───── Data shown

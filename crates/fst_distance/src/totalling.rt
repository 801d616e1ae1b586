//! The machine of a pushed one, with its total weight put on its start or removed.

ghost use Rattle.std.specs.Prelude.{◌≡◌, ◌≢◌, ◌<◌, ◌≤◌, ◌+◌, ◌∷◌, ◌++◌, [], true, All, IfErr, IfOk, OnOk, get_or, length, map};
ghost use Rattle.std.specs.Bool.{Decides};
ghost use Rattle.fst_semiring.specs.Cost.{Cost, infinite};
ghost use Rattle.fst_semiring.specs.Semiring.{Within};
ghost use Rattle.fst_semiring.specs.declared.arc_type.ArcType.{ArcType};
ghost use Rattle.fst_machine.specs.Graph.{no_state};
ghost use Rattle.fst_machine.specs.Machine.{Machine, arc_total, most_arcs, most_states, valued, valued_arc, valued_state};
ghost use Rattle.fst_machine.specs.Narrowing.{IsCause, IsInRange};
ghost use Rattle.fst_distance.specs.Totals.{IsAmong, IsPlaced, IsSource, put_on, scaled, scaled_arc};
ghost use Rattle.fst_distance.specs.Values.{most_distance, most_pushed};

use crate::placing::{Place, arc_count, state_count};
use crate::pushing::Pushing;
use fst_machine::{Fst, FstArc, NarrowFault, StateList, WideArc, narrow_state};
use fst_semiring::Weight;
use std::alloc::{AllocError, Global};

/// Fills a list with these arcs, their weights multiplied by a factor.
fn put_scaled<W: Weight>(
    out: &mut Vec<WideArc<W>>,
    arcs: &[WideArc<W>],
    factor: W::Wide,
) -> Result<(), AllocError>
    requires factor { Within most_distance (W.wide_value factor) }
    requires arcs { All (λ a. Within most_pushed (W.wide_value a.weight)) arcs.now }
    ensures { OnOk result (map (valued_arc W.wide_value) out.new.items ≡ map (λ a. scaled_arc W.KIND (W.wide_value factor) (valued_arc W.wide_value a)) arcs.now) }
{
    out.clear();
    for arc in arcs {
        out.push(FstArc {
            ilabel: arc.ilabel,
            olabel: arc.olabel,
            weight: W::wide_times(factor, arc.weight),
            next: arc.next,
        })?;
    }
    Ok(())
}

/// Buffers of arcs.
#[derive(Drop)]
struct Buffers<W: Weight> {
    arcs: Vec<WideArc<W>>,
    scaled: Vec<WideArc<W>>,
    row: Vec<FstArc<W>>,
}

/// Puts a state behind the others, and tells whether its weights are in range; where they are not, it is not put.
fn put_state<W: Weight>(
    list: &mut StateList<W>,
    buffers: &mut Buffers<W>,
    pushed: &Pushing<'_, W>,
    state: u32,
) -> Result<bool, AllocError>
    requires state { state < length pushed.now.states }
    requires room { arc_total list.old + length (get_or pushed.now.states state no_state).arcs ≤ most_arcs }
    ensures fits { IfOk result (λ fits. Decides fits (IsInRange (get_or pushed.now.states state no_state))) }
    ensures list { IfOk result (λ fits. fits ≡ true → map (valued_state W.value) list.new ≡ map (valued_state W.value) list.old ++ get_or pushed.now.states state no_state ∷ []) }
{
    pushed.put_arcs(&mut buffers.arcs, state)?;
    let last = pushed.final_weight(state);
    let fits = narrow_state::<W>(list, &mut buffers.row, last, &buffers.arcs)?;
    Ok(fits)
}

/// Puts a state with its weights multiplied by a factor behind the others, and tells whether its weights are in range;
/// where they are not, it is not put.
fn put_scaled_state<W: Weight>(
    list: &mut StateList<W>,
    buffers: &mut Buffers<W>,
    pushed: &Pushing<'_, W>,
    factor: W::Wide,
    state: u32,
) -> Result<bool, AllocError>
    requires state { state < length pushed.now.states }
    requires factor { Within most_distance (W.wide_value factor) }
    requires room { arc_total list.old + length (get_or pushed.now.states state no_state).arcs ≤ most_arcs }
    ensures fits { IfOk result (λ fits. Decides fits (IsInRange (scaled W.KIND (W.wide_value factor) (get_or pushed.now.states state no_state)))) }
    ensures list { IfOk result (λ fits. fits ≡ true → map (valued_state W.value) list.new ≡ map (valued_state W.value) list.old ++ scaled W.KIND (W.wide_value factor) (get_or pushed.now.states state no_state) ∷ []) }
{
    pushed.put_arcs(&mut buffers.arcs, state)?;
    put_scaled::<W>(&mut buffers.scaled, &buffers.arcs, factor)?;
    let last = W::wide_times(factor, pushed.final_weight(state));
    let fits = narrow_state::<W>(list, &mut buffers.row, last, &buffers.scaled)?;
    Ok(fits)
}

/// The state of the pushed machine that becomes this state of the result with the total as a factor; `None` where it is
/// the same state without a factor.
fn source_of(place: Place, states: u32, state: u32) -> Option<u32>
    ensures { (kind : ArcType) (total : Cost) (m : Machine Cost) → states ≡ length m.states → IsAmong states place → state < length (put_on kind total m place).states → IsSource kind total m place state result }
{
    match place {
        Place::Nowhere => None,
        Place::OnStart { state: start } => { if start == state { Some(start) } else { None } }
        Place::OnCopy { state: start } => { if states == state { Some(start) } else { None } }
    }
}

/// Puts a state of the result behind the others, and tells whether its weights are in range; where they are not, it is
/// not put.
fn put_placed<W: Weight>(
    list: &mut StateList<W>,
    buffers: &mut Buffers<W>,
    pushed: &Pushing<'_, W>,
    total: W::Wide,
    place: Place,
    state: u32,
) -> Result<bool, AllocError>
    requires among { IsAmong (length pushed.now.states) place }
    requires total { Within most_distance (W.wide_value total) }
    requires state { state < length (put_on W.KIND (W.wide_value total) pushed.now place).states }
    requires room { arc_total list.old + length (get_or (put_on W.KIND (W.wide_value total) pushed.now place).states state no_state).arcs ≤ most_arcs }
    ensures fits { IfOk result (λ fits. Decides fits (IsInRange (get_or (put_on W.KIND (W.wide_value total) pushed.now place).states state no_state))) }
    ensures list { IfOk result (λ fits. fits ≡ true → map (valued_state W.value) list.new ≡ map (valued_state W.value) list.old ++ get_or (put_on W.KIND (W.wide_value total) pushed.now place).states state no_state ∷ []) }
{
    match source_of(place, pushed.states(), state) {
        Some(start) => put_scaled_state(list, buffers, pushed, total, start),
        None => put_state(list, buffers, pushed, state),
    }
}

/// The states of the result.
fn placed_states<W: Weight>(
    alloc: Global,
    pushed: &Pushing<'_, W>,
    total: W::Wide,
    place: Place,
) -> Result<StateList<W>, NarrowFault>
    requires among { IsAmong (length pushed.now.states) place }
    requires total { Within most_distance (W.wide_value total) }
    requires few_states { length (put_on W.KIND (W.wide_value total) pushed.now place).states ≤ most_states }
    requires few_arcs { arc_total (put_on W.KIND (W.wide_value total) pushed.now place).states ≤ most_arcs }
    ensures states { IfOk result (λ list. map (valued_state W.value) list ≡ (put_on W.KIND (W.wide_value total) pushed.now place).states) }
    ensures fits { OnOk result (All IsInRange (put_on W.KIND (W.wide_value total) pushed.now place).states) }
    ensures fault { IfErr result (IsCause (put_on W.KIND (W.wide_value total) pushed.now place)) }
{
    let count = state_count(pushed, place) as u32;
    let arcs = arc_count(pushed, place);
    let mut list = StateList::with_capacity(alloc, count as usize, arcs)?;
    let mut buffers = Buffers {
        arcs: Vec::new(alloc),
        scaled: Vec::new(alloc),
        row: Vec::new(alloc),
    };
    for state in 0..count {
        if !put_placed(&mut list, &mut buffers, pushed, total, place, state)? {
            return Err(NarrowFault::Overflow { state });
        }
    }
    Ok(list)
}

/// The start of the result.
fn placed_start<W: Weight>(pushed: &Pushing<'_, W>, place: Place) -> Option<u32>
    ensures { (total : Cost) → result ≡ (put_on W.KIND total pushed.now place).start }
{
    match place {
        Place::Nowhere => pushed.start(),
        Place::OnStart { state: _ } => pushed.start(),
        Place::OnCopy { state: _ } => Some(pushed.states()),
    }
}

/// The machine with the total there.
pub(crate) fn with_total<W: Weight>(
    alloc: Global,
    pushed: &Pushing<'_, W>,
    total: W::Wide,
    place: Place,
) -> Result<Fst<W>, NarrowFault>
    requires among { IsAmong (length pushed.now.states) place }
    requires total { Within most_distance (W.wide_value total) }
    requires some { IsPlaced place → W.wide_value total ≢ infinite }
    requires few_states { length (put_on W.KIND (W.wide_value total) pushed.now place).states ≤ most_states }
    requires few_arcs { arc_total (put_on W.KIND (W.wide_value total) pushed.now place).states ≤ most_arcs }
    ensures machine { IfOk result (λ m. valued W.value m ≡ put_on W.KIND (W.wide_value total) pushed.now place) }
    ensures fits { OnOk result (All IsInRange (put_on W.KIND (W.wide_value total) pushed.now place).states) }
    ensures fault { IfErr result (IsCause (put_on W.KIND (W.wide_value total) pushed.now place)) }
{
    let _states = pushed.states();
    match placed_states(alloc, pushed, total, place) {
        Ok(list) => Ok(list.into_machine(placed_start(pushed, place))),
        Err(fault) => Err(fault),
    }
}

──────────
───── Data shown

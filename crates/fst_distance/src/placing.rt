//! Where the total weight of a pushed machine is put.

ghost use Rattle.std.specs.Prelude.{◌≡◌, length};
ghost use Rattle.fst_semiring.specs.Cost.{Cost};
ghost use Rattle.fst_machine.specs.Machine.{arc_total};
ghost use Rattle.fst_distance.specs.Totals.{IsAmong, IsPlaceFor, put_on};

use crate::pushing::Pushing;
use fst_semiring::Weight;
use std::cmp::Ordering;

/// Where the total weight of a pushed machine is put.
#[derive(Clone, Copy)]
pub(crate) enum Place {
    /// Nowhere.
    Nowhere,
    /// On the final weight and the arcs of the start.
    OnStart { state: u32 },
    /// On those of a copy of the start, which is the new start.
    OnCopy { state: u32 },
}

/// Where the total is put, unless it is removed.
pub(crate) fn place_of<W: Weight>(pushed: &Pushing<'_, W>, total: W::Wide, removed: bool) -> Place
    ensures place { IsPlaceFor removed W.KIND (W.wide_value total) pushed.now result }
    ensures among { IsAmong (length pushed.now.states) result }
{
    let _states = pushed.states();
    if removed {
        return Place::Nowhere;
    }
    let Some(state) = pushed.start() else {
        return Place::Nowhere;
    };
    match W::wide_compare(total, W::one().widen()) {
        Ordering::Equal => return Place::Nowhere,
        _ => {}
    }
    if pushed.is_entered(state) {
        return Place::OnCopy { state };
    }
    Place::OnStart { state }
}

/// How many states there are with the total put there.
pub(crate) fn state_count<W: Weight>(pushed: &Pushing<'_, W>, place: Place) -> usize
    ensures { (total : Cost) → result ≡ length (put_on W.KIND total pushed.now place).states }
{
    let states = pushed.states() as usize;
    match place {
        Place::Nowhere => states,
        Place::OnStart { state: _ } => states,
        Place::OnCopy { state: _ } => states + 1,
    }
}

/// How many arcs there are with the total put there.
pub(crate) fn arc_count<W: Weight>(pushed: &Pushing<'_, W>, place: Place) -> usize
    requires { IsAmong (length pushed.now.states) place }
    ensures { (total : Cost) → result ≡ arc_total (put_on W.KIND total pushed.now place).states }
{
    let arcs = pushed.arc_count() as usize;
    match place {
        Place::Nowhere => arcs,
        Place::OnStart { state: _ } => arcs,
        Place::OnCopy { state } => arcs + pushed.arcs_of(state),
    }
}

──────────

● **What the exercise asks**:
Once you have found every line above holding the word "Decides", copy those lines.

● **Solution below**:
ghost use Rattle.std.specs.Bool.{Decides};
    ensures fits { IfOk result (λ fits. Decides fits (IsInRange (get_or pushed.now.states state no_state))) }
    ensures fits { IfOk result (λ fits. Decides fits (IsInRange (scaled W.KIND (W.wide_value factor) (get_or pushed.now.states state no_state)))) }
    ensures fits { IfOk result (λ fits. Decides fits (IsInRange (get_or (put_on W.KIND (W.wide_value total) pushed.now place).states state no_state))) }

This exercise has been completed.